Although months have passed since the verdict, Mr. Yousry remains shocked and baffled by it. Throughout the grueling nine-month trial, Mr. Yousry and his lawyers were convinced that he had a strong chance of acquittal.
The charges hinged on Ms. Stewart's provocative legal strategy on behalf of a convicted terrorist client, Sheik Omar Abdel Rahman, in which she defied a prison rule that restricted communications by releasing messages from him to the international press and to his militant followers in Egypt.
Mr. Yousry's lawyers, David Ruhnke and David Stern, showed in court that he took no actions on his own to help the sheik politically and did his translation work based on instructions he received from Ms. Stewart and other lawyers for Mr. Abdel Rahman, a blind Muslim cleric who is serving a life sentence in federal prison for conspiring to bomb landmarks in New York City.
Mr. Yousry's case seemed particularly solid, because unlike Ms. Stewart, he never signed documents pledging to abide by prison regulations. Mr. Yousry's lawyers specified that it was up to Ms.
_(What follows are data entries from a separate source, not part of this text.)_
// Rows that stand on the shelf of their document.
ghost use Rattle.std.specs.Prelude.{ℕ, ◌≡◌, ◌≤◌, ◌<◌, ◌+◌, ◌*◌};

use bp_core::{DocNo, Keyed};

/// A row whose key tells its document: each document has the same number of keys, one behind the other,
/// and document 0 the first.
pub trait Shelved: Keyed {
    // How many keys a document has.
    ghost span: { ℕ };

    ghost doc_of: { Self → ℕ };

    /// Its document.
    fn doc(&self) -> DocNo
        ensures value { result.0 ≡ doc_of self.now }
        ensures low { result.0 * span ≤ Self.key_of self.now }
        ensures high { Self.key_of self.now < result.0 * span + span };
}
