// Whether a request is one that a production may have.
ghost use Rattle.std.specs.List.{list_all, list_any};
ghost use Rattle.std.specs.Prelude.{IfOk, ◌&&◌, ◌≡◌};
ghost use Rattle.std.specs.Str.{bytes_eq};
ghost use Rattle.bp_matter.specs.ValidProductions.{field_chosen, request_fits};
ghost use Rattle.bp_matter.specs.ValidRows.{names};
ghost use Rattle.bp_matter.specs.Texts.{is_id, is_volume};

use super::fields::has_field;
use super::labels::ChosenField;
use super::numbers::names;
use crate::rows::{FieldRow, Request};
use crate::texts::{is_column_name, is_id, is_volume};
use bp_core::{OutOfMemory, Text, all_differ};
use std::alloc::Global;

fn are_chosen(fields: &[FieldRow], names: &[Text]) -> bool
    ensures { result ≡ list_all (field_chosen fields.now) names.now }
{
    names
        .iter()
        .all(|name| has_field(fields, name) && !is_column_name(name))
}

fn names_fit(docs: usize, of: &Request) -> bool
    ensures { result ≡ (is_id of.now.id && is_volume of.now.volume
        && names docs of.now.from.0 && names docs of.now.to.0) }
{
    is_id(&of.id) && is_volume(&of.volume) && names(docs, of.from.0) && names(docs, of.to.0)
}

pub(crate) fn request_fits(
    alloc: Global,
    fields: &[FieldRow],
    docs: usize,
    of: &Request,
) -> Result<bool, OutOfMemory>
    ensures { IfOk result (λ fits. fits ≡ request_fits fields.now docs of.now) }
{
    let chosen = of.fields.as_slice();
    if !names_fit(docs, of) || !are_chosen(fields, chosen) {
        return Ok(false);
    }
    all_differ::<ChosenField, _>(alloc, chosen)
}
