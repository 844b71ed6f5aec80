// Whether rows are the pages of a matter, and where a page is.
ghost use Rattle.std.specs.List.{list_all};
ghost use Rattle.std.specs.Option.{option_copied};
ghost use Rattle.std.specs.Prelude.{IsTrue, Some, length, nat_le, ◌*◌, ◌<◌, ◌^◌, ◌≡◌, ◌≤◌};
ghost use Rattle.bp_core.specs.Sorted.{ascends};
ghost use Rattle.bp_matter.specs.Written.{page_written};
ghost use Rattle.bp_matter.specs.Matter.{page_key};
ghost use Rattle.bp_matter.specs.ValidPages.{PageFacts, are_paged, has_rows, inside_page, page_in, page_fits, pixels_of, strip_bytes_of, strip_size, strips_fit};

use crate::limits::{MAX_FREE_PIXELS, MAX_PAGES, MAX_PIXELS, MAX_STRIP_BYTES};
use crate::rows::{DocRow, PageRow};
use bp_core::{DocNo, Keyed, PageNo, Rect, ascends, find_row, two_keys};
use bp_rows::import_sides;

// Whether the next rows, so many, have the keys from this one on.
fn has_rows<T: Keyed>(rows: &[T], count: u32, first: u128) -> bool
    requires { first < 2 ^ 100 }
    ensures test { result ≡ has_rows T.key_of count first rows.now }
    ensures enough { IsTrue result → count ≤ length rows.now }
{
    let mut left = count;
    let mut key = first;
    let mut rest = rows;
    while left > 0 {
        let Some((row, others)) = rest.split_first() else {
            return false;
        };
        if row.key() != key {
            return false;
        }
        left -= 1;
        key += 1;
        rest = others;
    }
    true
}

pub(crate) fn are_paged<T: Keyed>(docs: &[DocRow], rows: &[T]) -> bool
    ensures { result ≡ are_paged T.key_of docs.now rows.now }
{
    let mut left = docs;
    let mut rest = rows;
    while let Some((doc, others)) = left.split_first() {
        if !has_rows(rest, doc.pages, two_keys(doc.doc.0, 1)) {
            return false;
        }
        rest = &rest[doc.pages as usize..];
        left = others;
    }
    rest.is_empty()
}

fn pixels(row: &PageRow) -> u64
    ensures { result ≡ row.now.image.width * row.now.image.height }
{
    let page = &row.image;
    u64::from(page.width()) * u64::from(page.height())
}

fn pixels_of(pages: &[PageRow]) -> u128
    ensures { result ≡ pixels_of pages.now }
{
    let mut sum = 0;
    let mut rest = pages;
    while let Some((first, others)) = rest.split_first() {
        sum += u128::from(pixels(first));
        rest = others;
    }
    sum
}

fn pixels_few(pages: &[PageRow]) -> bool
    ensures { result ≡ nat_le (pixels_of pages.now) MAX_PIXELS }
{
    pixels_of(pages) <= MAX_PIXELS
}

fn strip_size(row: &PageRow) -> u64
    ensures { result ≡ strip_size row.now.image }
{
    row.image.strip().len() as u64
}

fn strip_bytes_of(pages: &[PageRow]) -> u128
    ensures { result ≡ strip_bytes_of pages.now }
{
    let mut sum = 0;
    let mut rest = pages;
    while let Some((first, others)) = rest.split_first() {
        sum += u128::from(strip_size(first));
        rest = others;
    }
    sum
}

// Whether the strips are few bytes, or of few pixels.
fn strips_few(pages: &[PageRow]) -> bool
    ensures { result ≡ strips_fit (pixels_of pages.now) (strip_bytes_of pages.now) }
{
    pixels_of(pages) <= MAX_FREE_PIXELS || strip_bytes_of(pages) <= MAX_STRIP_BYTES
}

fn page_fits(row: &PageRow) -> bool
    ensures { result ≡ page_fits row.now }
{
    let page = &row.image;
    import_sides(page.width(), page.height())
}

fn pages_fit(rows: &[PageRow]) -> bool
    ensures { result ≡ list_all page_fits rows.now }
{
    rows.iter().all(|row| page_fits(row))
}

fn pages_few(rows: &[PageRow]) -> bool
    ensures { result ≡ nat_le (length rows.now) MAX_PAGES }
{
    rows.len() <= MAX_PAGES
}

pub(crate) fn pages_valid(docs: &[DocRow], pages: &[PageRow]) -> bool
    requires written { IsTrue (list_all page_written pages.now) }
    ensures order { IsTrue result → IsTrue (ascends page_key 0 pages.now) }
    ensures fact { IsTrue result → PageFacts docs.now pages.now }
    ensures back { PageFacts docs.now pages.now → IsTrue result }
{
    if !ascends(pages) {
        return false;
    }
    if !pages_few(pages) {
        return false;
    }
    if !are_paged(docs, pages) {
        return false;
    }
    if !pixels_few(pages) {
        return false;
    }
    if !strips_few(pages) {
        return false;
    }
    pages_fit(pages)
}

pub(crate) fn inside_page(page: Option<&PageRow>, rect: Rect) -> bool
    ensures { result ≡ inside_page (option_copied page.entry) rect }
{
    match page {
        None => false,
        Some(row) => inside(row, rect),
    }
}

// Whether no pixel of the rectangle passes an edge of the page.
fn inside(row: &PageRow, rect: Rect) -> bool
    ensures { result ≡ inside_page (Some row.now) rect }
{
    let page = &row.image;
    rect.inside(page.width(), page.height())
}

pub(crate) fn page_in(pages: &[PageRow], doc: DocNo, page: PageNo) -> Option<&PageRow>
    requires { IsTrue (ascends page_key 0 pages.now) }
    ensures { option_copied result ≡ page_in pages.now doc.0 page.0 }
{
    find_row(pages, two_keys(doc.0, page.0))
}
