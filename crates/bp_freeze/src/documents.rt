// What a freeze asks of a document of the range.
ghost use Rattle.std.specs.Prelude.{◌≡◌, ◌≤◌, ◌&&◌, length, not};
ghost use Rattle.std.specs.Option.{option_copied};
ghost use Rattle.bp_freeze.specs.Marks.{AreMarks};
ghost use Rattle.bp_freeze.specs.Seeing.{decisions_of, is_produced, numbers_of, page_count, parent_of, seen_in, treatment_of};
ghost use Rattle.bp_freeze.specs.Selecting.{is_confirmed, is_produce, is_responsive, is_settled, is_unsettled};
ghost use Rattle.bp_matter.specs.Treatments.{is_withheld};

use crate::marks::is_marked;
use bp_core::{DocNo, Treatment};
use bp_matter::treatments::is_withheld;
use bp_matter::{CallRow, State, Tables};

// The parent of a document.
pub(crate) fn parent_of(tables: &Tables, doc: DocNo) -> DocNo
    requires from { 1 ≤ doc.0 }
    requires to { doc.0 ≤ length tables.now.matter.docs }
    ensures value { result.0 ≡ parent_of (decisions_of tables.now.matter) doc.0 }
    ensures small { result.0 ≤ length tables.now.matter.docs }
{
    tables.know_valid();
    parent_kept(tables, doc)
}

fn parent_kept(tables: &Tables, doc: DocNo) -> DocNo
    requires from { 1 ≤ doc.0 }
    requires to { doc.0 ≤ length tables.now.matter.docs }
    ensures { result.0 ≡ parent_of (decisions_of tables.now.matter) doc.0 }
{
    tables.docs[doc.0 as usize - 1].parent
}

// How many pages it has.
fn page_count(tables: &Tables, doc: DocNo) -> u32
    requires from { 1 ≤ doc.0 }
    requires to { doc.0 ≤ length tables.now.matter.docs }
    ensures { result ≡ page_count tables.now.matter doc.0 }
{
    tables.docs[doc.0 as usize - 1].pages
}

// How many label numbers it takes: one a page, or one where it is withheld.
pub(crate) fn numbers_of(tables: &Tables, doc: DocNo) -> u32
    requires from { 1 ≤ doc.0 }
    requires to { doc.0 ≤ length tables.now.matter.docs }
    ensures { result ≡ numbers_of tables.now.matter doc.0 }
{
    if is_withheld(treatment_of(tables.call_with(doc))) {
        1
    } else {
        page_count(tables, doc)
    }
}

// Whether it keeps a request from being frozen: no production has its family, and it isn't settled.
pub(crate) fn is_unsettled(tables: &Tables, produced: &[bool], doc: DocNo) -> bool
    requires from { 1 ≤ doc.0 }
    requires to { doc.0 ≤ length tables.now.matter.docs }
    requires marks { AreMarks (length tables.now.matter.docs) produced.now
        (is_produced tables.now.matter.productions) }
    ensures { result ≡ is_unsettled (seen_in tables.now.matter doc.0) }
{
    !is_marked(produced, parent_of(tables, doc)) && !is_settled(tables.call_with(doc))
}

// What is to become of it.
pub(crate) fn treatment_of(call: Option<&CallRow>) -> Treatment
    ensures { result ≡ treatment_of (option_copied call.entry) }
{
    match call {
        Some(row) => row.treatment,
        None => Treatment::Produce,
    }
}

// Whether it is called responsive.
pub(crate) fn is_responsive(call: Option<&CallRow>) -> bool
    ensures { result ≡ is_responsive (option_copied call.entry) }
{
    match call {
        Some(row) => row.responsive,
        None => false,
    }
}

// Whether it is called Produce, or confirmed.
fn is_settled(call: Option<&CallRow>) -> bool
    ensures { result ≡ is_settled (option_copied call.entry) }
{
    match call {
        Some(row) => is_produce(row.treatment) || is_confirmed(row.state),
        None => false,
    }
}

fn is_produce(treatment: Treatment) -> bool
    ensures { result ≡ is_produce treatment }
{
    matches!(treatment, Treatment::Produce)
}

fn is_confirmed(state: State) -> bool
    ensures { result ≡ is_confirmed state }
{
    matches!(state, State::Confirmed(_, _))
}
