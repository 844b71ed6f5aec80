// Rows on shelves.
ghost use Rattle.std.specs.Prelude.{[], ◌≡◌, ◌≤◌, ◌<◌, ◌+◌, ◌*◌, IfOk, OnOk, IsTrue};
ghost use Rattle.std.specs.List.{filter};
ghost use Rattle.std.specs.Option.{option_copied};
ghost use Rattle.bp_core.specs.Sorted.{ascends, find_key, is_between, put, without};
ghost use Rattle.bp_shelves.specs.Shelves.{room_of, rows_on};

use crate::shelved::Shelved;
use crate::stocking::{find_on, know_ascending, make_shelf, put_on, remove_on, shelf_of};
use bp_core::{DocNo, OutOfMemory};
use std::alloc::Global;
use std::marker::Model;

/// Rows in ascending order of key, those of each document on a shelf of its own. Contracts see the
/// rows, and the room of each document's shelf.
#[derive(Debug, Drop)]
pub struct Shelves<T: Shelved> {
    shelves: Vec<Vec<T>>,
}

impl<T: Shelved> Model for Shelves<T> {
    ghost use Rattle.std.specs.Prelude.{IsTrue};
    ghost use Rattle.bp_shelves.specs.Shelves.{ShelvesShown, are_shelved, rooms_on, rows_on};

    ghost Value = { ShelvesShown T };

    ghost view = { λ s. record {
      rows = rows_on s.shelves.items;
      rooms = rooms_on s.shelves.items;
    } };

    ghost invariant = { λ s. IsTrue (are_shelved T.key_of T.span 0 s.shelves.items) };
}

impl<T: Shelved + Drop> Shelves<T> {
    /// Shelves without rows.
    pub fn new(alloc: Global) -> Shelves<T>
        ensures { result.rows ≡ [] }
    {
        Shelves {
            shelves: Vec::new(alloc),
        }
    }

    /// These rows, which stand in ascending order of key.
    pub fn from_rows(alloc: Global, rows: Vec<T>) -> Result<Shelves<T>, OutOfMemory>
        requires { IsTrue (ascends T.key_of 0 rows.items) }
        ensures { IfOk result (λ shelves. shelves.rows ≡ rows.items) }
    {
        let mut shelves = Shelves::new(alloc);
        for row in rows {
            shelves.reserve(row.doc())?;
            shelves.put(row);
        }
        Ok(shelves)
    }

    /// Says that the rows stand in ascending order of key.
    pub fn know_order(&self)
        ensures { IsTrue (ascends T.key_of 0 self.now.rows) }
    {
        know_ascending(&self.shelves);
    }

    /// The rows, shelf by shelf.
    pub fn as_slice(&self) -> &[Vec<T>]
        ensures { rows_on result.now ≡ self.now.rows }
    {
        self.shelves.as_slice()
    }

    /// The rows of a document.
    pub fn of_doc(&self, doc: DocNo) -> &[T]
        ensures { result.now ≡ filter (is_between T.key_of (doc.0 * T.span) (doc.0 * T.span + T.span))
            self.now.rows }
    {
        shelf_of(&self.shelves, doc)
    }

    /// The row of a document that has this key, which is one of the document's.
    pub fn find(&self, doc: DocNo, key: u128) -> Option<&T>
        requires low { doc.0 * T.span ≤ key }
        requires high { key < doc.0 * T.span + T.span }
        ensures { option_copied result ≡ find_key T.key_of key self.now.rows }
    {
        find_on(&self.shelves, doc, key)
    }

    /// Makes room for one more row of a document.
    pub fn reserve(&mut self, doc: DocNo) -> Result<(), OutOfMemory>
        ensures rows { self.new.rows ≡ self.old.rows }
        ensures room { OnOk result (1 ≤ room_of self.new.rooms doc.0) }
    {
        make_shelf(&mut self.shelves, doc)
    }

    /// Puts a row at the place of its key, over a row of that key where there is one. There is room on
    /// its shelf, so no memory is taken.
    pub fn put(&mut self, row: T)
        requires { 1 ≤ room_of self.old.rooms (T.doc_of row) }
        ensures { self.new.rows ≡ put T.key_of row self.old.rows }
    {
        put_on(&mut self.shelves, row);
    }

    /// Takes the row of this key away, which is one of the document's, if there is one.
    pub fn remove(&mut self, doc: DocNo, key: u128)
        requires low { doc.0 * T.span ≤ key }
        requires high { key < doc.0 * T.span + T.span }
        ensures { self.new.rows ≡ without T.key_of key self.old.rows }
    {
        remove_on(&mut self.shelves, doc, key);
    }
}
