// Whether rows are the staff of a matter.
ghost use Rattle.std.specs.List.{list_all, list_any};
ghost use Rattle.std.specs.Option.{option_copied};
ghost use Rattle.std.specs.Prelude.{IfOk, IsTrue, length, nat_le, ◌≡◌};
ghost use Rattle.std.specs.Str.{bytes_eq};
ghost use Rattle.bp_core.specs.Sorted.{ascends};
ghost use Rattle.bp_matter.specs.Written.{staff_written};
ghost use Rattle.bp_matter.specs.Matter.{staff_key};
ghost use Rattle.bp_matter.specs.ValidStaff.{StaffFacts, begins_with_lead, checker_there, is_checker, is_lead, staff_digest, staff_fits};

use super::labels::StaffDigest;
use super::numbers::is_numbered;
use crate::limits::{MAX_NAME, MAX_STAFF};
use crate::rows::StaffRow;
use crate::texts::is_text;
use bp_core::{OutOfMemory, Role, all_differ};
use std::alloc::Global;

fn is_lead(role: Role) -> bool
    ensures { result ≡ is_lead role }
{
    matches!(role, Role::Lead)
}

fn is_checker(role: Role) -> bool
    ensures { result ≡ is_checker role }
{
    matches!(role, Role::Second | Role::Lead)
}

fn begins_with_lead(staff: &[StaffRow]) -> bool
    ensures { result ≡ begins_with_lead staff.now }
{
    match staff {
        [] => false,
        [first, ..] => is_lead(first.role),
    }
}

fn staff_fits(row: &StaffRow) -> bool
    ensures { result ≡ staff_fits row.now }
{
    !row.name.is_empty() && is_text(&row.name, MAX_NAME)
}

fn staff_fit(rows: &[StaffRow]) -> bool
    ensures { result ≡ list_all staff_fits rows.now }
{
    rows.iter().all(|row| staff_fits(row))
}

fn staff_few(rows: &[StaffRow]) -> bool
    ensures { result ≡ nat_le (length rows.now) MAX_STAFF }
{
    rows.len() <= MAX_STAFF
}

#[tactic(auto, using(crate::proofs::NumberedLemmas::orders))]
pub(crate) fn staff_valid(alloc: Global, staff: &[StaffRow]) -> Result<bool, OutOfMemory>
    requires written { IsTrue (list_all staff_written staff.now) }
    ensures order { IfOk result (λ good. IsTrue good → IsTrue (ascends staff_key 0 staff.now)) }
    ensures fact { IfOk result (λ good. IsTrue good → StaffFacts staff.now) }
    ensures back { IfOk result (λ good. StaffFacts staff.now → IsTrue good) }
{
    if !is_numbered(staff, 1) {
        return Ok(false);
    }
    if !staff_few(staff) {
        return Ok(false);
    }
    if !begins_with_lead(staff) {
        return Ok(false);
    }
    if !all_differ::<StaffDigest, _>(alloc, staff)? {
        return Ok(false);
    }
    Ok(staff_fit(staff))
}

pub(crate) fn checker_there(row: Option<&StaffRow>) -> bool
    ensures { result ≡ checker_there (option_copied row.entry) }
{
    match row {
        None => false,
        Some(row) => is_checker(row.role),
    }
}
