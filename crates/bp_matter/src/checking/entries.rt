// Whether rows are the log entries of a matter.
ghost use Rattle.std.specs.List.{list_all};
ghost use Rattle.std.specs.Prelude.{IsTrue, ◌≡◌};
ghost use Rattle.bp_core.specs.Sorted.{ascends};
ghost use Rattle.bp_matter.specs.Written.{entry_written};
ghost use Rattle.bp_matter.specs.Matter.{entry_key};
ghost use Rattle.bp_matter.specs.ValidEntries.{EntryFacts, doc_entry_fits, entry_fits};

use super::numbers::names;
use crate::limits::{MAX_DESCRIPTION, MAX_NAME};
use crate::rows::{DocEntry, Entry};
use crate::texts::is_text;
use bp_core::ascends;

/// Whether a call takes the four texts of a log entry.
pub fn entry_fits(entry: &Entry) -> bool
    ensures { result ≡ entry_fits entry.now }
{
    is_text(&entry.date, MAX_NAME)
        && is_text(&entry.author, MAX_NAME)
        && is_text(&entry.recipients, MAX_NAME)
        && is_text(&entry.description, MAX_DESCRIPTION)
}

fn entries_fit(docs: usize, rows: &[DocEntry]) -> bool
    ensures { result ≡ list_all (doc_entry_fits docs) rows.now }
{
    rows.iter()
        .all(|row| names(docs, row.doc.0) && entry_fits(&row.entry))
}

pub(crate) fn entries_valid(docs: usize, entries: &[DocEntry]) -> bool
    requires written { IsTrue (list_all entry_written entries.now) }
    ensures order { IsTrue result → IsTrue (ascends entry_key 0 entries.now) }
    ensures fact { IsTrue result → EntryFacts docs entries.now }
    ensures back { EntryFacts docs entries.now → IsTrue result }
{
    if !ascends(entries) {
        return false;
    }
    entries_fit(docs, entries)
}
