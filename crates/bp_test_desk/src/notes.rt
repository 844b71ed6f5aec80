// What was done at one seat is seen at another, which took a note of it in.
ghost use Rattle.std.specs.Prelude.{◌≡◌};
ghost use Rattle.bp_desk.specs.Seats.{IsSeatOf, SameSeat};

use crate::calls::{box_of, put_box, see_doc};
use crate::matters::called;
use crate::replies::make;
use crate::stage::{close_pair, pass_note, start_pair};
use bp_desk::{Desk, Seat};
use bp_keep::MemKeeper;
use std::alloc::Global;
use std::process::Abort;
use std::sync::Wait;
use std::test::Fail;

// A box that is put at seat 1 is seen at both.
fn put_and_look<R: Wait + Abort>(
    desk: &Desk<MemKeeper>,
    rt: &R,
    alloc: Global,
    one: &mut Seat<MemKeeper>,
    two: &mut Seat<MemKeeper>,
) -> Result<(), Fail>
    requires { IsSeatOf desk.now one.old × IsSeatOf desk.now two.old }
    ensures { SameSeat one.old one.new × SameSeat two.old two.new }
{
    let put = make(desk, rt, alloc, one, put_box(box_of(1)))?;
    assert!(rt; put.is_done);
    pass_note(desk, alloc, one, two)?;
    let at_two = make(desk, rt, alloc, two, see_doc())?;
    assert!(rt; at_two.has_box_1);
    let at_one = make(desk, rt, alloc, one, see_doc())?;
    assert!(rt; at_one.has_box_1);
    Ok(())
}

#[test]
fn a_box_is_seen_at_both_seats(rt: HostRuntime) -> Result<(), Fail> {
    let alloc = rt.alloc();
    let mut pair = start_pair(alloc, called(alloc)?, 10)?;
    let told = put_and_look(&pair.desk, &rt, alloc, &mut pair.one, &mut pair.two);
    let calls = close_pair(alloc, pair);
    told?;
    assert_eq!(rt; calls, Some(3));
    Ok(())
}
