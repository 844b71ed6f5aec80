// What one seat froze is seen at another as it was frozen.
ghost use Rattle.std.specs.Prelude.{◌≡◌};
ghost use Rattle.bp_desk.specs.Seats.{IsSeatOf, SameSeat};

use crate::calls::{box_of, freeze, get_production, put_box};
use crate::matters::confirmed;
use crate::replies::{make, produced};
use crate::stage::{close_pair, pass_note, start_pair};
use bp_desk::{Desk, Seat};
use bp_keep::MemKeeper;
use bp_matter::Production;
use std::alloc::Global;
use std::process::Abort;
use std::sync::Wait;
use std::test::Fail;

// Seat 1 freezes, and what it told seat 2 is not changed by a box that is put there.
fn freeze_and_edit<R: Wait + Abort>(
    desk: &Desk<MemKeeper>,
    rt: &R,
    alloc: Global,
    one: &mut Seat<MemKeeper>,
    two: &mut Seat<MemKeeper>,
) -> Result<(), Fail>
    requires { IsSeatOf desk.now one.old × IsSeatOf desk.now two.old }
    ensures { SameSeat one.old one.new × SameSeat two.old two.new }
{
    let frozen = produced(desk, rt, alloc, one, freeze(alloc)?)?;
    edit_and_look(desk, rt, alloc, one, two, &frozen)
}

fn edit_and_look<R: Wait + Abort>(
    desk: &Desk<MemKeeper>,
    rt: &R,
    alloc: Global,
    one: &mut Seat<MemKeeper>,
    two: &mut Seat<MemKeeper>,
    frozen: &Production,
) -> Result<(), Fail>
    requires { IsSeatOf desk.now one.old × IsSeatOf desk.now two.old }
    ensures { SameSeat one.old one.new × SameSeat two.old two.new }
{
    pass_note(desk, alloc, one, two)?;
    let put = make(desk, rt, alloc, two, put_box(box_of(2)))?;
    assert!(rt; put.is_done);
    let got = produced(desk, rt, alloc, two, get_production(alloc)?)?;
    assert!(rt; got == *frozen);
    assert!(rt; has_box_1_alone(&got));
    Ok(())
}

fn has_box_1_alone(production: &Production) -> bool {
    match production.items.as_slice() {
        [item] => item.boxes.as_slice() == [box_of(1)].as_slice(),
        _ => false,
    }
}

#[test]
fn a_later_box_is_in_no_frozen_production(rt: HostRuntime) -> Result<(), Fail> {
    let alloc = rt.alloc();
    let mut pair = start_pair(alloc, confirmed(alloc)?, 10)?;
    let told = freeze_and_edit(&pair.desk, &rt, alloc, &mut pair.one, &mut pair.two);
    // the pair is closed before what was told is looked at: it is let go in one place
    let calls = close_pair(alloc, pair);
    told?;
    assert_eq!(rt; calls, Some(3));
    Ok(())
}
Stewart, as the lawyer, to see that her staff complied with the rules.
Sorry, but if you know that someone is violating the rules, and then do nothing about it, you too can be part of the crime. I have no sympathy for Yousry, except that he thought his lawyers could get him acquitted. That wasn't going to happen, not with the nearly airtight case against Stewart and his 10 years of work for Stewart before then. His best chance would have been to cut a deal on the case.
Andrew Dember, an assistant United States attorney, assailed the defense arguments as "nonsense!" in his closing summation. "He knew the restrictions, what they consisted of, and he was aware of the fact that he was doing wrong because of those restrictions. He knew full well that he was bound by the restrictions himself."
He added later, "Clearly, obviously, Ms. Stewart and Mr. Yousry know what they're doing is improper, illegal, criminal."